══ RECORDED DATA

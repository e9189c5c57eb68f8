//! What a feed gives.
use xfs_base::{BlockId, Crosses, Entry, List};

/// What a feed gives.
#[derive(Drop)]
pub enum Out {
    /// For the manager of a slot: what a range of segments says of the slot's blocks.
    Range {
        /// The slot.
        slot: u8,
        /// The number of the first segment.
        first: u32,
        /// The number of the last.
        upto: u32,
        /// What they say, in rising order of segments.
        rows: List<(BlockId, Entry)>,
    },
}

impl Crosses for Out {}
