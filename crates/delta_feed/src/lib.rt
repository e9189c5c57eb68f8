//! The feed of a log's deltas: the owner of a log keeps what each settled segment says of blocks, and
//! tells each slot's manager the ranges of segments that it has not acknowledged. The laws say that a
//! range tells just what the filed segments in it say of the slot's blocks. This crate knows nothing of
//! packets, stripes or managers.
#![tactic(auto)]

pub mod feed;
pub mod input;
pub mod laws;
pub mod output;

pub use feed::{Feed, FiledDeltas};
pub use input::In;
pub use output::Out;
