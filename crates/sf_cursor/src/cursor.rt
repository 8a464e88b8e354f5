//! One node that is changed in place, and the way that leads to it.

ghost use Rattle.std.specs.Prelude.{◌≡◌};
ghost use Rattle.sf_node.specs.Children.{CanStep};
ghost use Rattle.sf_node.specs.Later.{halved};
ghost use Rattle.sf_cursor.specs.Path.{NamesOne, flags_after, step_blocks};

use crate::level::Level;
use sf_certificate::Tag;
use sf_model::Design;
use sf_node::{Node, Step, Values};
use sf_polish::{Token, ends_in};
use std::alloc::{AllocError as NoMemory, Global};
use std::marker::Model;

/// The subproblem that is next, the levels of the way to it, which blocks are there, and how many they are.
/// No cursor keeps more levels than the longest way of a design has steps, whatever came before.
#[derive(Drop)]
pub struct Cursor {
    node: Node,
    levels: Vec<Level>,
    used: Vec<bool>,
    operands: usize,
}

impl Model for Cursor {
    ghost use Rattle.std.specs.Prelude.{◌≤◌, length};
    ghost use Rattle.sf_cursor.specs.Path.{Path, most_steps};

    ghost Value = { Path };

    ghost view = { λ c. record {
      node = c.node;
      levels = c.levels.items;
      used = c.used.items;
      operands = c.operands;
    } };

    ghost invariant = { λ c. length c.levels.items ≤ most_steps };
}

/// The span that a step halves, or none.
fn halved(node: &Node, step: Step) -> (u16, u16)
    requires { CanStep node.now step }
    ensures { result ≡ halved node.now step }
{
    match step {
        Step::Left(block) | Step::Right(block) => node.span(block),
        Step::Beside | Step::Above | Step::Block(_) => (0, 0),
    }
}
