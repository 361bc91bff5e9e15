//! What keeps a run apart from others and ends what its jobs left running: the lock on its root, the
//! jobs that an earlier run left there, and a second process that outlives the run. None of it is
//! proved, since no contract speaks of locks, signals and other processes: it is tested with real
//! ones.
#![tactic(auto)]

mod guard;
mod left;
mod lock;
mod removal;

pub use guard::{Guard, SESSION, add_mark, fresh_mark, start};
pub use left::jobs_in;
pub use lock::{RootLock, Taken, take};
pub use removal::remove;
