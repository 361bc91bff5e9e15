//! Literals, and their values.

ghost use Rattle.std.specs.Prelude.{◌≡◌, IfOk, map};
ghost use Rattle.wdl_value.specs.Parts.{int_in};
ghost use Rattle.wdl_value.specs.declared.value.Value.TheVariants as v;
ghost use Rattle.input_form.specs.Literals as spec;

use std::alloc::Global;
use wdl_typed::{TExpr, TField, TPair};
use wdl_value::{Boxed, Field, Items, MapRow, NoMemory, Value};

/// Returns whether an expression is a literal, casts aside: a literal of a primitive type, one with
/// `-` before it, or an array, a map, a pair or a struct of literals.
#[cycle(is_literal)]
pub fn is_literal(expr: &TExpr) -> bool
    ensures { result ≡ spec.is_literal expr.now }
{
    match expr {
        TExpr::Lit(_) => true,
        TExpr::Neg(inner) => is_literal(inner.get()),
        TExpr::ListOf(exprs) => are_literals(exprs.as_slice()),
        TExpr::MapOf(rows) => are_literal_rows(rows.as_slice()),
        TExpr::PairOf(left, right) => is_literal(left.get()) && is_literal(right.get()),
        TExpr::StructOf(_, fields) => are_literal_fields(fields.as_slice()),
        TExpr::Cast(inner, _) => is_literal(inner.get()),
        _ => false,
    }
}

#[cycle(is_literal)]
fn are_literals(exprs: &[TExpr]) -> bool
    ensures { result ≡ spec.all_true (map spec.is_literal exprs.now) }
{
    for expr in exprs {
        if !is_literal(expr) {
            return false;
        }
    }
    true
}

#[cycle(is_literal)]
fn are_literal_rows(rows: &[TPair<TExpr>]) -> bool
    ensures { result ≡ spec.rows_true (spec.rows_by spec.is_literal rows.now) }
{
    for row in rows {
        if !(is_literal(&row.key) && is_literal(&row.value)) {
            return false;
        }
    }
    true
}

#[cycle(is_literal)]
fn are_literal_fields(fields: &[TField<TExpr>]) -> bool
    ensures { result ≡ spec.fields_true (spec.fields_by spec.is_literal fields.now) }
{
    for field in fields {
        if !is_literal(&field.value) {
            return false;
        }
    }
    true
}

/// The number, or 0.
fn number_in(value: &Value) -> i64
    ensures { result ≡ int_in value.now }
{
    match value {
        Value::Int(n) => *n,
        _ => 0,
    }
}

/// The negative of a number; the least Int, which has none, stays.
fn negated(number: i64) -> i64
    ensures { result ≡ spec.negated number }
{
    if number == i64::MIN {
        return number;
    }
    -number
}

/// The number of a literal, or 0.
fn number_of(expr: &TExpr) -> i64
    ensures { result ≡ int_in (spec.literal expr.now) }
{
    match expr {
        TExpr::Lit(value) => number_in(value),
        TExpr::Neg(inner) => negated(number_of(inner.get())),
        TExpr::Cast(inner, _) => number_of(inner.get()),
        _ => 0,
    }
}

fn pair_of(alloc: Global, left: Value, right: Value) -> Result<Value, NoMemory>
    ensures { IfOk result (λ x. x ≡ v.Pair left right) }
{
    Ok(Value::Pair(Boxed::new(alloc, left)?, Boxed::new(alloc, right)?))
}

/// Returns the value that a literal writes, before any cast.
#[cycle(literal)]
pub fn literal_of(alloc: Global, expr: &TExpr) -> Result<Value, NoMemory>
    ensures { IfOk result (λ x. x ≡ spec.literal expr.now) }
{
    match expr {
        TExpr::Lit(value) => value.copy(alloc),
        TExpr::Neg(inner) => Ok(Value::Int(negated(number_of(inner.get())))),
        TExpr::ListOf(exprs) => Ok(Value::List(literals_of(alloc, exprs.as_slice())?)),
        TExpr::MapOf(rows) => Ok(Value::Map(rows_of(alloc, rows.as_slice())?)),
        TExpr::PairOf(left, right) => {
            let left = literal_of(alloc, left.get())?;
            let right = literal_of(alloc, right.get())?;
            pair_of(alloc, left, right)
        }
        TExpr::StructOf(name, fields) => {
            let fields = fields_of(alloc, fields.as_slice())?;
            Ok(Value::Struct {
                name: name.copy(alloc)?,
                fields,
            })
        }
        TExpr::Cast(inner, _) => literal_of(alloc, inner.get()),
        _ => Ok(Value::Absent),
    }
}

#[cycle(literal)]
fn literals_of(alloc: Global, exprs: &[TExpr]) -> Result<Items<Value>, NoMemory>
    ensures { IfOk result (λ xs. xs ≡ map spec.literal exprs.now) }
{
    let mut values = Items::new(alloc);
    for expr in exprs {
        values.push(literal_of(alloc, expr)?)?;
    }
    Ok(values)
}

#[cycle(literal)]
fn rows_of(alloc: Global, rows: &[TPair<TExpr>]) -> Result<Items<MapRow<Value>>, NoMemory>
    ensures { IfOk result (λ xs. xs ≡ map spec.row_of (spec.rows_by spec.literal rows.now)) }
{
    let mut values = Items::new(alloc);
    for row in rows {
        let key = literal_of(alloc, &row.key)?;
        let value = literal_of(alloc, &row.value)?;
        values.push(MapRow { key, value })?;
    }
    Ok(values)
}

#[cycle(literal)]
fn fields_of(alloc: Global, fields: &[TField<TExpr>]) -> Result<Items<Field<Value>>, NoMemory>
    ensures { IfOk result (λ xs. xs ≡ map spec.field_of (spec.fields_by spec.literal fields.now)) }
{
    let mut values = Items::new(alloc);
    for field in fields {
        let value = literal_of(alloc, &field.value)?;
        let name = field.name.copy(alloc)?;
        values.push(Field { name, value })?;
    }
    Ok(values)
}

════

Write out a verbatim copy of the data, beginning with its first line and ending with the line that contains "leads to it.".

TASK OUTPUT:
repository e9189c5c57eb68f8
//! What a feed gives.
use xfs_base::{BlockId, Crosses, Entry, List};

/// What a feed gives.
#[derive(Drop)]
pub enum Out {
    /// For the manager of a slot: what a range of segments says of the slot's blocks.
    Range {
        /// The slot.
        slot: u8,
        /// The number of the first segment.
        first: u32,
        /// The number of the last.
        upto: u32,
        /// What they say, in rising order of segments.
        rows: List<(BlockId, Entry)>,
    },
}

impl Crosses for Out {}
filename crates/delta_feed/src/lib.rt
repository e9189c5c57eb68f8
//! The feed of a log's deltas: the owner of a log keeps what each settled segment says of blocks, and
//! tells each slot's manager the ranges of segments that it has not acknowledged. The laws say that a
//! range tells just what the filed segments in it say of the slot's blocks. This crate knows nothing of
//! packets, stripes or managers.
#![tactic(auto)]

pub mod feed;
pub mod input;
pub mod laws;
pub mod output;

pub use feed::{Feed, FiledDeltas};
pub use input::In;
pub use output::Out;
filename crates/sf_cursor/src/cursor.rt
repository 8a464e88b8e354f5
//! One node that is changed in place, and the way that leads to it.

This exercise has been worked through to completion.